- _Problem requirements_
State how many lines of the records contain the string "what". Give the number alone.

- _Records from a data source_

········

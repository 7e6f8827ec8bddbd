//! A job in memory, and what came of it.

use hdc_base::{Calls, MemSink, MemStore, Text, Texts};
use hdc_top::serve;
use std::alloc::{AllocError, Global};
use std::test::Fail;

/// A store with one text and a sink, as a test describes them.
#[derive(Drop)]
pub struct Outside<'a> {
    pub name: &'a str,
    pub text: &'a [u8],
    pub failing_loads: &'a [u64],
    pub failing_puts: &'a [u64],
    pub room: u64,
}

/// What a job left: its status, what its sink took, and how often its store was asked.
#[derive(Drop)]
pub struct Left {
    pub status: u8,
    pub output: Vec<u8>,
    /// How many loads there were.
    pub loads: u64,
}

/// Serves the words over a store with one text, and a sink.
pub fn serve_words(alloc: Global, words: &[&str], outside: &Outside<'_>) -> Result<Left, Fail> {
    let words = owned(alloc, words)?;
    let mut store = store(alloc, outside)?;
    let puts = Calls::from_slice(alloc, outside.failing_puts)?;
    let Ok(mut sink) = MemSink::new(alloc, outside.room, puts) else {
        return Err(Fail::from(AllocError));
    };
    let status = serve(alloc, words.as_slice(), &mut store, &mut sink);
    let output = Vec::from_slice(alloc, sink.bytes())?;
    Ok(Left {
        status,
        output,
        loads: store.calls,
    })
}

fn owned(alloc: Global, words: &[&str]) -> Result<Vec<String>, AllocError> {
    let mut all = Vec::new(alloc);
    for word in words {
        all.push(String::from_str(alloc, word)?)?;
    }
    Ok(all)
}

fn store(alloc: Global, outside: &Outside<'_>) -> Result<MemStore, AllocError> {
    let mut names = Texts::new(alloc);
    names.push(Text::from_slice(alloc, outside.name.as_bytes())?)?;
    let mut texts = Texts::new(alloc);
    texts.push(Text::from_slice(alloc, outside.text)?)?;
    Ok(MemStore {
        names,
        texts,
        fails: Calls::from_slice(alloc, outside.failing_loads)?,
        calls: 0,
        count: 0,
    })
}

········

- _Answer space_
2